Ref. http://fareambientelazio.wordpress.com/2010/03/12/ambiente-cdm-approva-ddl-verde-urbano-nasce-giornata-alberi-fare-ambiente-provvedimento-positivo-ora-il-piano-attuativo/

martedì 9 marzo 2010

SCAMBIATORE ARIA ARIA: cosa vuol dire e a cosa serve

Uno dei punti salienti di una casa passiva è l'areazione. Attraverso la normale ventilazione che si ottiene aprendo le finestre, in una casa tradizionale si disperde molto calore. D'altra parte, per il benessere degli abitanti è necessario un continuo ricambio d'aria all'interno di un'abitazione. Nelle case passive questo si ottiene attraverso un impianto di areazione con riciclaggio di calore, riducendo così la dispersione termica di oltre l'80%.

Con un impianto di areazione con riciclaggio di calore, l'aria fresca che arriva dall'esterno viene fatta passare attraverso uno scambiatore di calore, che assorbe calore dall'aria di scarico e lo trasferisce all'aria in ingresso. L'efficacia di questi dispositivi è tale che, con una temperatura dell'aria in ingresso di 0° ed una temperatura dell'aria in uscita di 20°, si riesce ad ottenere aria ad oltre 16° che andrà a confluire all'interno dell'abitazione.

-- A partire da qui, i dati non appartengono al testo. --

//! Which integer registers an instruction reads and writes, by its bits. What is no instruction of
//! RV64GC is looked up among the extensions that the file names.

ghost use Rattle.std.specs.Prelude.{◌≡◌, ℕ, ℤ, ◌<◌, ◌==◌, ◌&&◌, ◌||◌, not, nat_lt, Some};
ghost use Rattle.mask_flow.specs.Reaches.{has_bit};
ghost use Rattle.rv_decode.specs.Fields.{funct3, funct6, funct7};
ghost use Rattle.elf_image.specs.Architecture.{extensions_of};
ghost use Rattle.rv_flow.specs.Placed.{compressed_insn, rv64gc_insn, word_insn};
ghost use Rattle.live_regs.specs.Effects.{labelled, reads, writes};
ghost use Rattle.live_regs.specs.Inner.{AreEffectsIf, AreInsnEffects, label_effects};

use crate::effects::{Effects, effects_of, register};
use elf_image::{Extensions, Image};
use rv_decode::Insn;
use rv_decode::fields::{funct3, funct6, funct7, opcode, rd, rs1, rs2};
use rv_extensions::{decode_extension, expand_extension};
use rv_flow::{rv64gc_insn, rv64gc_word};

// The major opcodes, by the ISA manual's names (RISC-V Unprivileged ISA 20240411, "RV32/64G
// Instruction Set Listings").
const LOAD: u8 = 0x03;

const OP_IMM: u8 = 0x13;

const AUIPC: u8 = 0x17;

const OP_IMM_32: u8 = 0x1B;

const STORE: u8 = 0x23;

const OP: u8 = 0x33;

const LUI: u8 = 0x37;

const OP_32: u8 = 0x3B;

const BRANCH: u8 = 0x63;

const JALR: u8 = 0x67;

const JAL: u8 = 0x6F;

/// The mask of x7.
const LABEL: u32 = 1 << 7;

/// Of the 16-bit instruction that a halfword is; what is none neither reads nor writes.
pub(crate) fn effects_of_half(image: &Image, half: u16) -> Effects
    ensures reads { (r : ℕ) → r < 32 → has_bit result.reads r
        ≡ reads (compressed_insn (extensions_of image.now) half) r }
    ensures writes { (r : ℕ) → r < 32 → has_bit result.writes r
        ≡ writes (compressed_insn (extensions_of image.now) half) r }
{
    let extensions = image.extensions();
    match rv64gc_word(extensions, half) {
        None => effects_of(expand_extension(*extensions, half)),
        Some(word) => effects_of_short(extensions, word).unwrap_or(Effects::NONE),
    }
}

/// Of the instruction that a word is; `None` if it is no instruction.
pub(crate) fn effects_of_word(image: &Image, word: u32) -> Option<Effects>
    ensures { AreEffectsIf (labelled (extensions_of image.now).zicfilp
        (word_insn (extensions_of image.now) word)) result }
{
    let extensions = image.extensions();
    match effects_of_rv64gc(extensions, extensions.zicfilp, word) {
        None => effects_if(decode_extension(*extensions, word)),
        Some(effects) => Some(effects),
    }
}

/// Of the instruction that the word of a 16-bit one is, which is no landing pad.
fn effects_of_short(extensions: &Extensions, word: u32) -> Option<Effects>
    ensures { AreEffectsIf (rv64gc_insn extensions.now word) result }
{
    effects_of_rv64gc(extensions, false, word)
}

/// Of the instruction of RV64GC that a word is; `None` if it is none. Most words tell it by their
/// opcode and the fields below it, and are not decoded. `has_pads` is whether landing pads are
/// named.
fn effects_of_rv64gc(extensions: &Extensions, has_pads: bool, word: u32) -> Option<Effects>
    ensures { AreEffectsIf (labelled has_pads (rv64gc_insn extensions.now word)) result }
{
    match opcode(word) {
        LUI | JAL => Some(effects_by(rd(word), 0, 0)),
        AUIPC => Some(effects_of_auipc(has_pads, rd(word))),
        JALR if funct3(word) == 0 => Some(effects_by(rd(word), rs1(word), 0)),
        LOAD if funct3(word) != 7 => Some(effects_by(rd(word), rs1(word), 0)),
        OP_IMM if is_imm(word) => Some(effects_by(rd(word), rs1(word), 0)),
        OP_IMM_32 if funct3(word) == 0 => Some(effects_by(rd(word), rs1(word), 0)),
        OP if is_reg(word) => Some(effects_by(rd(word), rs1(word), rs2(word))),
        OP_32 if funct3(word) == 0 && is_reg(word) => {
            Some(effects_by(rd(word), rs1(word), rs2(word)))
        }
        STORE if funct3(word) < 4 => Some(effects_by(0, rs1(word), rs2(word))),
        BRANCH if is_branch(word) => Some(effects_by(0, rs1(word), rs2(word))),
        _ => effects_if(rv64gc_insn(extensions, word)),
    }
}

/// Of an AUIPC: one that writes x0 reads x7 where landing pads are named.
fn effects_of_auipc(has_pads: bool, rd: u8) -> Effects
    ensures { (imm : ℤ) → AreInsnEffects (labelled has_pads (Some (Insn.Auipc rd imm))) result }
{
    if rd == 0 {
        effects_of_label(has_pads)
    } else {
        effects_by(rd, 0, 0)
    }
}

/// Of one that writes x0.
fn effects_of_label(has_pads: bool) -> Effects
    ensures { result ≡ label_effects has_pads }
{
    Effects {
        reads: if has_pads { LABEL } else { 0 },
        writes: 0,
    }
}

/// Whether a word of OP-IMM is a plain operation, or a logical shift.
fn is_imm(word: u32) -> bool
    ensures { result ≡ (not (funct3 word == 1 || funct3 word == 5) || funct6 word == 0) }
{
    !matches!(funct3(word), 1 | 5) || funct6(word) == 0
}

/// Whether a word of OP is a base operation, a multiplication, a division or SUB.
fn is_reg(word: u32) -> bool
    ensures { result ≡ (nat_lt (funct7 word) 2 || (funct7 word == 0x20 && funct3 word == 0)) }
{
    funct7(word) < 2 || (funct7(word) == 0x20 && funct3(word) == 0)
}

/// Whether a word of BRANCH is a branch.
fn is_branch(word: u32) -> bool
    ensures { result ≡ not (funct3 word == 2 || funct3 word == 3) }
{
    !matches!(funct3(word), 2 | 3)
}

/// Of an instruction that was decoded, if it is one.
fn effects_if(insn: Option<Insn>) -> Option<Effects>
    ensures { AreEffectsIf insn result }
{
    match insn {
        None => None,
        insn => Some(effects_of(insn)),
    }
}

/// Of an instruction that writes `rd` and reads the two others; x0 stands for none.
fn effects_by(rd: u8, rs1: u8, rs2: u8) -> Effects
    ensures reads { (r : ℕ) → r < 32 → has_bit result.reads r
        ≡ (not (r == 0) && (r == rs1 || r == rs2)) }
    ensures writes { (r : ℕ) → r < 32 → has_bit result.writes r ≡ (not (r == 0) && r == rd) }
{
    Effects {
        reads: register(rs1) | register(rs2),
        writes: register(rd),
    }
}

Se poi l'aria in ingresso viene fatta passare attraverso tubazioni sotterranee poste ad una profondità di circa 3-4 metri, si ottiene in inverno un ulteriore guadagno di qualche grado, tanto più importante quanto maggiore è il freddo all'esterno. Quando la temperatura dell'aria esterna è di -10°C, il passaggio attraverso le condutture sotterranee la porta a circa 6°C prima di arrivare allo scambiatore di calore, che riesce quindi a portare l'aria ad una temperatura di circa 20°C senza bisogno di ulteriori fonti energetiche.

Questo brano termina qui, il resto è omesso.